In alberta there is a family run Zoo referred to as a "roadside zoo".

The zoo is in horrific condition and the Alberta government refuses to do anything about it. The zoo allows uncontrolled breeding of all it's small animals including hedgehogs and does not provide proper nutrition, enrichment, care, enclosures or safety for their animals.

On the site explains the zoo and the crusade against it. It contains an e-mail received by a hedgehog owner about the state of the hedgehog exhibit.

It royal pissed me off that something like this can happen.

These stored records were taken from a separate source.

//! The fraction 0 in tests.

ghost use Rattle.std.specs.Prelude.{◌≡◌};
ghost use Rattle.heyvl_num.specs.Value.{is_zeroʳ};

use heyvl_num::Frac;

/// Returns whether the fraction is 0.
pub fn is_zero(x: &Frac) -> bool
    ensures { result ≡ is_zeroʳ x.now }
{
    x.num() == 0
}
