//! Rows of tests, given as lists of terms. Malformed rows yield `AllocError`.
ghost use Rattle.std.specs.Prelude.{◌≡◌, ◌<◌, IfOk, IsTrue};
ghost use Rattle.std.specs.List.{All};
ghost use Rattle.linear_rows.specs.Row.{IsRow};
ghost use Rattle.heylo_formula.specs.Typing.{types_in};
ghost use Rattle.linear_rows.specs.VariableTypes.{is_numeric, IsNumericRow};

use heylo_formula::Ty;
use linear_elim::{Elim, eliminate};
use linear_rows::Row;
use std::alloc::{AllocError, Global};
use test_lines::{coefficient, index};

fn is_number(ty: &Ty) -> bool
    ensures { result ≡ is_numeric ty.now }
{
    match ty {
        Ty::Bool => false,
        Ty::Int => true,
        Ty::UInt => true,
        Ty::UReal => true,
    }
}

/// Returns the row with these terms. Their variables have to grow, and no coefficient may be 0.
fn row(alloc: Global, terms: &[(u32, i64)], rest: i64, strict: bool) -> Result<Row, AllocError>
    ensures { IfOk result IsRow }
{
    let mut kept: Vec<(u32, i64)> = Vec::new(alloc);
    let mut least: u64 = 0;
    for &(variable, coefficient) in terms {
        if u64::from(variable) < least {
            return Err(AllocError);
        }
        let size = coefficient.unsigned_abs();
        if size == 0 {
            return Err(AllocError);
        }
        if size >= 1 << 62 {
            return Err(AllocError);
        }
        kept.push((variable, coefficient))?;
        least = u64::from(variable) + 1;
    }
    if rest.unsigned_abs() >= 1 << 62 {
        return Err(AllocError);
    }
    Ok(Row {
        terms: kept,
        rest,
        strict,
    })
}

/// Returns whether the variable with the number `x` exists and is numeric.
fn is_number_at(vars: &[Ty], x: u32) -> bool
    ensures { result ≡ is_numeric (types_in vars.now x) }
{
    match vars.get(x as usize) {
        Some(ty) => is_number(ty),
        None => false,
    }
}

/// Returns whether each variable of the row is numeric.
fn is_over_numbers(row: &Row, vars: &[Ty]) -> bool
    ensures { IsTrue result → IsNumericRow vars.now row.now }
{
    for &(variable, _) in &row.terms {
        if !is_number_at(vars, variable) {
            return false;
        }
    }
    true
}

fn are_over_numbers(rows: &[Row], vars: &[Ty]) -> bool
    ensures { IsTrue result → All (IsNumericRow vars.now) rows.now }
{
    for row in rows {
        if !is_over_numbers(row, vars) {
            return false;
        }
    }
    true
}

/// Returns the result of eliminating the variables of rows, which have to be numeric.
pub fn answer(alloc: Global, rows: &[Row], vars: &[Ty]) -> Result<Elim, AllocError>
    requires rows { All IsRow rows.now }
{
    if rows.len() >= 1 << 32 || vars.len() >= 1 << 32 {
        return Err(AllocError);
    }
    if !are_over_numbers(rows, vars) {
        return Err(AllocError);
    }
    eliminate(alloc, rows, vars)
}

/// Reads the rows of a text, each in the form that the library requires.
pub fn rows_of(alloc: Global, text: &str) -> Result<Vec<Row>, AllocError>
    ensures { IfOk result (λ v. All IsRow v.items) }
{
    let mut rows: Vec<Row> = Vec::new(alloc);
    let mut terms: Vec<(u32, i64)> = Vec::new(alloc);
    let mut rest: i64 = 0;
    for word in text.split_whitespace() {
        if word == "<=0" || word == "<0" {
            rows.push(row(alloc, &terms, rest, word == "<0")?)?;
            terms = Vec::new(alloc);
            rest = 0;
        } else if let Some((times, variable)) = word.split_once('x') {
            terms.push((index(variable)?, coefficient(times)?))?;
        } else {
            rest = coefficient(word)?;
        }
    }
    Ok(rows)
}
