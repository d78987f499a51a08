//! Results of elimination, worked out by hand.

use crate::kinds::{Kind, check_texts};
use crate::test_rows::{answer, rows_of};
use linear_elim::Elim;
use std::alloc::{AllocError, Global};
use std::fmt::Write;
use test_lines::{cut, write_multiples};
use test_texts::{types_of, write_broken, write_multipliers, write_point};

fn write_refuted(multipliers: &[(u32, u64)], text: &mut String) -> Result<(), AllocError> {
    text.push_str("refuted ")?;
    write_multipliers(multipliers, text)
}

/// Writes the result of elimination.
fn write_elim(found: &Elim, text: &mut String) -> Result<(), AllocError> {
    match found {
        Elim::NoSolution(multipliers) => write_refuted(multipliers, text),
        Elim::Point(point) => write_point("point ", point, text),
        Elim::Fraction(broken) => write_broken(broken, text),
        Elim::Rows(steps, count) => write!(text, "rows {steps} {count}"),
        Elim::Bits => text.push_str("bits"),
    }
}

/// Writes the result of eliminating the variables of rows, which have these types.
pub fn write_elimination(alloc: Global, asked: &str, text: &mut String) -> Result<(), AllocError> {
    let (rows, types) = cut(asked, ';');
    let types = types_of(alloc, types)?;
    let rows = rows_of(alloc, rows)?;
    write_elim(&answer(alloc, &rows, &types)?, text)
}

/// Rows without a solution, with multipliers, and rows whose combinations reach the limit of
/// numbers.
const REFUTED: &str = "\
# `x - 1 <= 0` and `-x + 2 <= 0` add up to `1 <= 0`
1x0 -1 <=0 -1x0 2 <=0 ; i gives refuted 0:1 1:1
# `x < 0` and `-x < 0` touch at 0, which meets neither
1x0 0 <0 -1x0 0 <0 ; r gives refuted 0:1 1:1
1x0 0 <0 -1x0 0 <=0 ; r gives refuted 0:1 1:1
# `0 <= 0` is no contradiction, and of two contradictions the first one counts
0 <=0 0 <0 1 <=0 ;  gives refuted 1:1
-1 <0 1 <=0 0 <0 ;  gives refuted 1:1
# of rows with equal coefficients the one with the greatest constant stays, a strict one before another, else the first
# x <= 0, x < 0 and 0 <= x
1x0 0 <=0 1x0 0 <0 -1x0 0 <=0 ; i gives refuted 1:1 2:1
# x <= 5, x <= 1 and 2 <= x
1x0 -5 <=0 1x0 -1 <=0 -1x0 2 <=0 ; i gives refuted 1:1 2:1
# x <= 1, x < 2 and 3 <= x
1x0 -1 <=0 1x0 -2 <0 -1x0 3 <=0 ; i gives refuted 0:1 2:1
# `x <= 1` twice, and `2 <= x`
1x0 -1 <=0 1x0 -1 <=0 -1x0 2 <=0 ; i gives refuted 0:1 2:1
# rows with other terms and the same fingerprint are kept side by side: twice the factor of the fingerprints, and 1 more, is
# 4354685564936845355 modulo 2^64; z <= 0, that times x <= 0 twice, the second time with a greater constant, and 1 <= z
1x2 0 <=0 4354685564936845355x0 0 <=0 4354685564936845355x0 1 <=0 -1x2 1 <=0 ; iii gives refuted 0:1 3:1
# each row is taken as often as the other's coefficient says, and the multipliers are in lowest terms
# 3 times 2x - 1 <= 0 and twice -3x + 3 <= 0 add up to 3 <= 0
2x0 -1 <=0 -3x0 3 <=0 ; r gives refuted 0:3 1:2
# 2x + 2 <= 0 and -2x <= 0
2x0 2 <=0 -2x0 0 <=0 ; r gives refuted 0:1 1:1
# `x <= y`, `y <= z` and `z < x`: no two of the rows contradict each other
1x0 -1x1 0 <=0 1x1 -1x2 0 <=0 -1x0 1x2 0 <0 ; iru gives refuted 0:1 1:1 2:1
# twice `-x + 2^61*y <= 0` and `2x + 1 <= 0` add up to `2^62*y + 1 <= 0`
-1x0 2305843009213693952x1 0 <=0 2x0 1 <=0 1x1 0 <=0 ; ii gives bits";

/// Rows with a solution: the point, or the first variable that has no integer.
const POINTS: &str = "\
# `-2x + y <= 0`, `2x + y - 2 <= 0` and `-y + 1 <= 0`: y is 1, and then x is 1/2
-2x0 1x1 0 <=0 2x0 1x1 -2 <=0 -1x1 1 <=0 ; ii gives broken x0 [1/2 1/2] x1 1
# `0 < x` and `x < 1`: the ends are whole, and aren't inside
-1x0 0 <0 1x0 -1 <0 ; u gives broken x0 (0 1)
# where 0 is inside, it is taken: 0 <= 0, x <= 0 and 0 <= x, x <= 5
0 <=0 ; i gives point 0
1x0 0 <=0 -1x0 0 <=0 ; i gives point 0
1x0 -5 <=0 ; r gives point 0
# the whole number that is nearest to 0: -3/2 <= x <= -1/2, 5/2 <= x, 3 < x, x < -3
-2x0 -3 <=0 2x0 1 <=0 ; i gives point -1
-2x0 5 <=0 ; u gives point 3
-1x0 3 <0 ; i gives point 4
1x0 3 <0 ; i gives point -4
# the near end where it is inside, else the middle: 1/2 <= x < 2, 1 < x <= 2, 1 < x < 2, -2 < x < -1
-2x0 1 <=0 1x0 -2 <0 ; r gives point 1/2
-1x0 1 <0 1x0 -2 <=0 ; r gives point 3/2
-1x0 1 <0 1x0 -2 <0 ; r gives point 3/2
-1x0 -2 <0 1x0 1 <0 ; r gives point -3/2
# the only end where it is inside, else 1 past it: 3 <= x, 5/2 < x, x <= -3, x < -5/2
-1x0 3 <=0 ; r gives point 3
-2x0 5 <0 ; r gives point 7/2
1x0 3 <=0 ; r gives point -3
2x0 5 <0 ; r gives point -7/2
# `1 <= x + y` and `x <= 5`: y occurs in one row and is eliminated first, so x is chosen first
-1x0 -1x1 1 <=0 1x0 -5 <=0 ; rr gives point 0 1
# `(2^62 - 2)*y + 1 <= 0` stands after the step on x
-1x0 2305843009213693951x1 0 <=0 2x0 1 <=0 1x1 0 <=0 ; ii gives point -1 -1
# variables without rows are 0, and false where they are Booleans
-1x1 7 <=0 ; birb gives point false 7 0 false
# from 1/2 to 3/2: the near end where it is inside, else the middle; and 0 where it is inside
-2x0 1 <=0 2x0 -3 <=0 ; r gives point 1/2
-2x0 1 <0 2x0 -3 <=0 ; r gives point 1
-2x0 0 <=0 2x0 -3 <=0 ; r gives point 0
# from 1/2 to 5/2 it is 1, above 1 it is 2, and from -5/2 to below -1 it is -2; between 1 and 2 there is none
-2x0 1 <=0 2x0 -5 <=0 ; i gives point 1
-2x0 2 <0 2x0 -5 <=0 ; u gives point 2
-2x0 -5 <=0 2x0 2 <0 ; i gives point -2
-2x0 2 <0 2x0 -4 <0 ; i gives broken x0 (1 2)";

#[test]
fn eliminations(rt: HostRuntime) -> Result<(), AllocError> {
    check_texts(&rt, Kind::Elimination, &[REFUTED, POINTS])
}

/// Writes a line: the row `-x + i*y` for each i from 1 and the row `x + 66*j*y` for each j from 1,
/// each followed by `part`, then `rest`.
fn write_line(
    text: &mut String,
    lowers: u64,
    uppers: u64,
    part: &str,
    rest: &str,
) -> Result<(), AllocError> {
    write_multiples(text, lowers, 1, "-1x0 ", part)?;
    write_multiples(text, uppers, 66, "1x0 ", part)?;
    text.push_str(rest)
}

/// 65 rows and 65 rows with different coefficients of y have 4,225 combinations; 65 and 64 have
/// 4,160. 200 and 200 have 40,000, whose coefficients of y are 13,334 different numbers from 67 to
/// 13,400. Two more rows add up to 1 <= 0. 1,000 and 1,000 have coefficients from 67 to 67,000;
/// none of their combinations is kept.
///
/// Without z each combination is a multiple of y <= 0, so that one row is left. If y and z are not
/// negative, one lower and one upper row of the 130 imply the others. If y is at least 3, `-y <= 0`
/// is not among the rows, and they imply none.
fn write_crossings(text: &mut String) -> Result<(), AllocError> {
    let with_z = "x1 1x2 0 <=0 ";
    write_line(text, 65, 65, with_z, "; iii gives rows 1 4225\n")?;
    write_line(text, 65, 64, with_z, "; iii gives rows 1 4160\n")?;
    write_line(
        text,
        65,
        65,
        with_z,
        "-1x1 0 <=0 -1x2 0 <=0 ; iuu gives point 0 0 0\n",
    )?;
    write_line(
        text,
        65,
        65,
        with_z,
        "-1x1 0 <=0 -1x1 3 <=0 -1x2 0 <=0 ; iuu gives refuted 0:1 65:1 131:67 132:2\n",
    )?;
    write_line(text, 200, 200, with_z, "; iii gives rows 1 13334\n")?;
    write_line(text, 1000, 1000, with_z, "; iii gives rows 1 66934\n")?;
    write_line(
        text,
        200,
        200,
        "x1 1048577x2 0 <=0 ",
        "; iii gives rows 1 13334\n",
    )?;
    write_line(
        text,
        200,
        200,
        with_z,
        "-1x0 1x1 1x2 1 <=0 1x0 -1x1 -1x2 0 <=0 ; iii gives refuted 400:1 401:1\n",
    )?;
    write_line(text, 200, 200, "x1 0 <=0 ", "; iii gives point 0 0 0")
}

#[test]
fn too_many_rows(rt: HostRuntime) -> Result<(), AllocError> {
    let mut text = String::new(rt.alloc());
    write_crossings(&mut text)?;
    check_texts(&rt, Kind::Elimination, &[text.as_str()])
}
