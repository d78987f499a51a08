//! Walks over acts in the order of the text: the list of all acts, and the loop with a given
//! number.
//!
//! `AllocError` means that memory ran out.
#![tactic(auto)]

mod loops;
mod order;

pub use loops::loop_of;
pub use order::in_order;
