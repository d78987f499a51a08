//! Multipliers that combine rows to a contradiction, and others.

use crate::kinds::{Kind, check_texts};
use crate::test_rows::rows_of;
use linear_rows::contradicts;
use std::alloc::{AllocError, Global};
use test_lines::cut;
use test_texts::multipliers_of;

/// Writes whether the multipliers combine the rows to a contradiction.
pub fn write_contradiction(
    alloc: Global,
    asked: &str,
    text: &mut String,
) -> Result<(), AllocError> {
    let (rows, multipliers) = cut(asked, ';');
    let multipliers = multipliers_of(alloc, multipliers, ' ')?;
    let rows = rows_of(alloc, rows)?;
    let contradicts = contradicts(&rows, &multipliers);
    text.push_str(if contradicts { "yes" } else { "no" })
}

const CONTRADICTIONS: &str = "\
# 0 < 0 and 0 <= 0
0 <0 0 <=0 ; 0:1 gives yes
0 <0 0 <=0 ; 0:1 1:1 gives yes
0 <0 0 <=0 ; 0:4611686018427387903 gives yes
# 0 <= 0 is no contradiction, and nothing is none
0 <0 0 <=0 ; 1:1 gives no
0 <0 0 <=0 ; gives no
# there is no row 2, the indexes don't grow, a row twice, a multiplier 0, and one of 2^62
0 <0 0 <=0 ; 2:1 gives no
0 <0 0 <=0 ; 1:1 0:1 gives no
0 <0 0 <=0 ; 0:1 0:1 gives no
0 <0 0 <=0 ; 0:0 gives no
0 <0 0 <=0 ; 0:4611686018427387904 gives no
# a natural number below 0; x is left, and -x
1x0 1 <=0 -1x0 0 <=0 ; 0:1 1:1 gives yes
1x0 1 <=0 -1x0 0 <=0 ; 0:1 gives no
1x0 1 <=0 -1x0 0 <=0 ; 0:1 1:2 gives no";

/// Four times (2^62 - 1)^2 is below 2^126, five times is not.
const SUMS: &str = "\
4611686018427387903 <=0 4611686018427387903 <=0 4611686018427387903 <=0 4611686018427387903 <=0 4611686018427387903 <=0 ; 0:4611686018427387903 1:4611686018427387903 2:4611686018427387903 3:4611686018427387903 gives yes
4611686018427387903 <=0 4611686018427387903 <=0 4611686018427387903 <=0 4611686018427387903 <=0 4611686018427387903 <=0 ; 0:4611686018427387903 1:4611686018427387903 2:4611686018427387903 3:4611686018427387903 4:4611686018427387903 gives no";

#[test]
fn contradictions(rt: HostRuntime) -> Result<(), AllocError> {
    check_texts(&rt, Kind::Contradiction, &[CONTRADICTIONS, SUMS])
}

http://www.theguzoo.com/main_page.html


----------



## hedgieluver (Feb 18, 2009)

sum 1 call the ASPCA!!!!!!!!!!!!!!!!!!!!!!! y we otta!! that is just wrong ( :twisted: pic of lady runnin it) pics of us  :x   :x  :shock: :roll: :evil: !!!!! seriously, theres no benifit, its just hurtin the animals


----------



## Lilly101 (Sep 1, 2008)

This place needs to be shut down!! :shock: And when they do the should put the owner in a tiny cage,with dirty water, no baths, and just let her sit there in her own filth with no baths and make her stay there for a long time!!!! :evil: If I were to go there I think I would have to buy every animal I could. the poor things.  And the aspca saids they can't do anything ya OK. I wonder if they've ever been there before. :evil:


----------



## jabment (Nov 14, 2008)

Well isn't this place in Canada? I thought the ASPCA was an American based group. Someone would probably need to contact a Canadian based group that holds the same beliefs and power. Maybe I misread the Guzu site. I agree though, something should most definitely be done, that website made me want to throw up and cry. I wonder how they even got a hold of those animals, I feel like you should have to pass some sort of quality inspection to get a lion or other animal of that magnitude.


----------



## M_Canadian (Feb 22, 2009)

Yes the Zoo is in Canada and we have the SPCA here, and You should really call and report them. I am sire that it would not be ther first report.


----------



## azyrios (Feb 2, 2009)

NOTE: I am not an expert on any of this, and i am more than likely wrong, i am jsut relaying the information i read on that website as if it was true (which it may not be)

That is correct, as far as i know the ASPCA is an American group and has no jurisdiction in canada, while the SPCA does. I am not sure as to the extend of their power tho. I am sure they were part of the process of the Alberta government extending the time periods for change.

CAZA is the governing body for zoos in Canada. I am not sure what you have to have in order to obtain a "zoo" status, but they have been receiving it for years while in that condition. In order to operate as a Zoo you do not have to be accredited by CAZA, but CAZA zoo's receive government funding (i believe).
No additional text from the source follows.